If it's so bad and wrong, it shouldn't have a leg to stand on, surely?

There are kernels of truth unaddressed by the champions of so-called-good
because they undermine the groupthink. That's the real catalyst for conversion
in the rabbit hole funnel. Having a subreddit is just a convenience.

------
luord
It's no skin off my back whatever reddit allows or doesn't. I despise
discussing politics, specially online (I'm making an exception in this one
comment, which I'm sure I'll regret), so I only follow technical and funny
subreddits.

That said, I wanted to point out something that the people saying that this is
a win are ignoring with their "fewer recruits" idea: The more you censor
someone, the more they're likely to actively proselytize, I think.

I also saw someone saying that censorship could be a tool for the betterment
of society and I'm kind of horrified now at this thread so I didn't read any
further.

------
nyxxie
Ok, lets suppose that banning discussion of "toxic viewpoints" worked as this
title implies (overall spread of the viewpoints declined). Now for the tricky
question: who defines what "toxic" means?

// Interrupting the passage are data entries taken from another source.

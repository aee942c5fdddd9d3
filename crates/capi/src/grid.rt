//! Exported to C and Rust: a mask as a grid of rows and columns: flag r * columns + c is row r, column c. Neither number is a length: check
//! 1 is not made of them. Their product is exact: no two numbers wrap to a mask's length.
#![tactic(auto, using(masks::proofs::refusal::ClauseLaws::answered, masks::proofs::refusal::ClauseLaws::answered_back, masks::proofs::refusal::ClauseLaws::written), unfolding(grids::specs::equations::Columns::grid_column_of, grids::specs::equations::Columns::grid_column_bytes, grids::specs::equations::Columns::grid_column_zeros_of, grids::specs::equations::Columns::grid_column_zeros_over, grids::specs::equations::Rows::grid_row_of, grids::specs::equations::Rows::grid_row_zeros_of, grids::specs::equations::Rows::grid_row_zeros_over, grids::specs::equations::Transpose::grid_transpose_of, grids::specs::equations::Transpose::grid_transpose_bytes))]

ghost use Rattle.std.specs.Prelude.{◌≡◌, length as list_length};
ghost use Rattle.grids.specs.equations.Columns.{grid_column_bytes, grid_column_of};
ghost use Rattle.grids.specs.equations.Columns.{grid_column_zeros_of, grid_column_zeros_over};
ghost use Rattle.grids.specs.equations.Rows.{grid_row_of, grid_row_zeros_of, grid_row_zeros_over};
ghost use Rattle.grids.specs.equations.Transpose.{grid_transpose_bytes, grid_transpose_of};
ghost use Rattle.capi.specs.Answers.{as_mask, as_number, as_same_mask};
ghost use Rattle.capi.specs.Records.{mask_in};

use crate::answers::{MaskAnswer, NumberAnswer};
use crate::mask::sliced_out;
use crate::records::Mask;
use grids::columns::{grid_column, grid_column_zeros};
use grids::rows::{grid_row, grid_row_zeros};
use grids::transpose::grid_transpose;

/// Returns the mask of row `row`, over the same bytes: what pw_slice returns for the `columns` flags that start at flag row * columns.
/// Refusal 12 means that rows * columns is not the length of `mask`, 6 that `row` is not below `rows`. The start of a row is put to check 1
/// only if there is such a row.
///
/// ```
/// use poruwhina::calls::{grid_row, try_new};
///
/// let mask = try_new(&[0x2D], 0, 6).mask; // 1,0,1 and 1,0,1
/// let row = grid_row(mask, &[0x2D], 2, 3, 1).mask;
/// assert_eq!((row.start, row.length), (3, 3));
/// assert_eq!(grid_row(mask, &[0x2D], 2, 3, 2).refusal, 6);
/// assert_eq!(grid_row(mask, &[0x2D], 2, 4, 2).refusal, 12);
/// ```
#[unsafe(no_mangle)]
pub extern "C" fn pw_grid_row(
    mask: Mask,
    bytes: &[u8],
    rows: usize,
    columns: usize,
    row: usize,
) -> MaskAnswer
    ensures { result ≡ as_same_mask mask (grid_row_of (mask_in mask) bytes.now rows columns row) }
{
    sliced_out(mask, grid_row(mask.into(), bytes, rows, columns, row))
}

/// Writes the frozen bytes of column `column`, of `rows` flags, at the start of `out` and returns the mask over them. Its zero count is
/// unknown, or known as 0 if there are no rows; its serial is that of `mask`. Refusal 12 means that rows * columns is not the length of
/// `mask`, 6 that `column` is not below `columns`.
///
/// ```
/// use poruwhina::calls::{grid_column, try_new};
///
/// let mut out = [0xFF; 9];
/// let column = grid_column(try_new(&[0x2D], 0, 6).mask, &[0x2D], 3, 2, 1, &mut out).mask; // 1,0 and 1,1 and 0,1
/// assert_eq!((column.start, column.length, column.known), (0, 3, 0));
/// assert_eq!((out[0], out[8]), (0x06, 0xFF));
/// ```
#[unsafe(no_mangle)]
pub extern "C" fn pw_grid_column(
    mask: Mask,
    bytes: &[u8],
    rows: usize,
    columns: usize,
    column: usize,
    out: &mut [u8],
) -> MaskAnswer
    ensures answer { result ≡
        as_mask (grid_column_of (mask_in mask) bytes.now rows columns column (list_length out.old)) }
    ensures bytes { out.new ≡ grid_column_bytes (mask_in mask) bytes.now rows columns column out.old }
{
    grid_column(mask.into(), bytes, rows, columns, column, out).into()
}

/// Writes the frozen bytes of the grid with rows and columns exchanged at the start of `out`, with flag r * columns + c of `mask` as
/// flag c * rows + r, and returns the mask over them. Its zero count is unknown, or known as 0 if there are no flags; its serial is that of
/// `mask`. Refusal 12 means that rows * columns is not the length of `mask`.
///
/// ```
/// use poruwhina::calls::{grid_transpose, try_new};
///
/// let (mut out, mut back) = ([0; 8], [0; 8]);
/// let transposed = grid_transpose(try_new(&[0x2D], 0, 6).mask, &[0x2D], 3, 2, &mut out).mask; // 1,1,0 and 0,1,1
/// assert_eq!((transposed.length, out[0]), (6, 0x33));
/// grid_transpose(transposed, &out, 2, 3, &mut back);
/// assert_eq!(back[0], 0x2D);
/// ```
#[unsafe(no_mangle)]
pub extern "C" fn pw_grid_transpose(
    mask: Mask,
    bytes: &[u8],
    rows: usize,
    columns: usize,
    out: &mut [u8],
) -> MaskAnswer
    ensures answer { result ≡
        as_mask (grid_transpose_of (mask_in mask) bytes.now rows columns (list_length out.old)) }
    ensures bytes { out.new ≡ grid_transpose_bytes (mask_in mask) bytes.now rows columns out.old }
{
    grid_transpose(mask.into(), bytes, rows, columns, out).into()
}

/// Writes the number of zeros of each row at the start of `counts` and returns how many counts are written, `rows`; the rest of `counts` is
/// unchanged. Refusal 12 means that rows * columns is not the length of `mask`, 9 that `counts` has fewer than `rows` places.
///
/// ```
/// use poruwhina::calls::{grid_row_zeros, try_new};
///
/// let mut counts = [9; 4];
/// let answer = grid_row_zeros(try_new(&[0x2D], 0, 6).mask, &[0x2D], 3, 2, &mut counts);
/// assert_eq!((answer.value, counts), (3, [1, 0, 1, 9]));
/// ```
#[unsafe(no_mangle)]
pub extern "C" fn pw_grid_row_zeros(
    mask: Mask,
    bytes: &[u8],
    rows: usize,
    columns: usize,
    counts: &mut [u32],
) -> NumberAnswer
    ensures answer { result ≡
        as_number (grid_row_zeros_of (mask_in mask) bytes.now rows columns (list_length counts.old)) }
    ensures counts { counts.new ≡ grid_row_zeros_over (mask_in mask) bytes.now rows columns counts.old }
{
    grid_row_zeros(mask.into(), bytes, rows, columns, counts).into()
}

/// Writes the number of zeros of each column at the start of `counts` and returns how many counts are written, `columns`; the rest of
/// `counts` is unchanged. Refusal 12 means that rows * columns is not the length of `mask`, 9 that `counts` has fewer than `columns`
/// places.
///
/// ```
/// use poruwhina::calls::{grid_column_zeros, try_new};
///
/// let mut counts = [9; 4];
/// let answer = grid_column_zeros(try_new(&[0x2D], 0, 6).mask, &[0x2D], 3, 2, &mut counts);
/// assert_eq!((answer.value, counts), (2, [1, 1, 9, 9]));
/// assert_eq!(grid_column_zeros(try_new(&[0x2D], 0, 6).mask, &[0x2D], 3, 2, &mut []).refusal, 9);
/// ```
#[unsafe(no_mangle)]
pub extern "C" fn pw_grid_column_zeros(
    mask: Mask,
    bytes: &[u8],
    rows: usize,
    columns: usize,
    counts: &mut [u32],
) -> NumberAnswer
    ensures answer { result ≡
        as_number (grid_column_zeros_of (mask_in mask) bytes.now rows columns (list_length counts.old)) }
    ensures counts { counts.new ≡ grid_column_zeros_over (mask_in mask) bytes.now rows columns counts.old }
{
    grid_column_zeros(mask.into(), bytes, rows, columns, counts).into()
}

Is something a "toxic" viewpoint when it's holders take action that is
harmful? Certainly that's why racism is bad, but what about more controversial
opinions? People who spread the belief that abortion is OK are encouraging
more people to get abortions, which the pro-life movement equates to murder
(and therefore harm). What about meat consumption? Vegans and PETA-types would
label this harmful as it involves the death of animals. What about weed? LGBT
normalization?

This labeling of speech as being "harmful" is necessarily subjective. What
happens when operators of major discussion platforms decide that things
besides racism are too "harmful" to permit discussion of? Seeing that limiting
the discussion of ideas shapes how a population propagates them (taking this
study's claim at face value), do we really want to normalize this sort of
censorship? Is it even moral for site operators to manipulate people's
perception of reality like this by censoring what they see to shape a
population to be politically homogeneous to the operator's views?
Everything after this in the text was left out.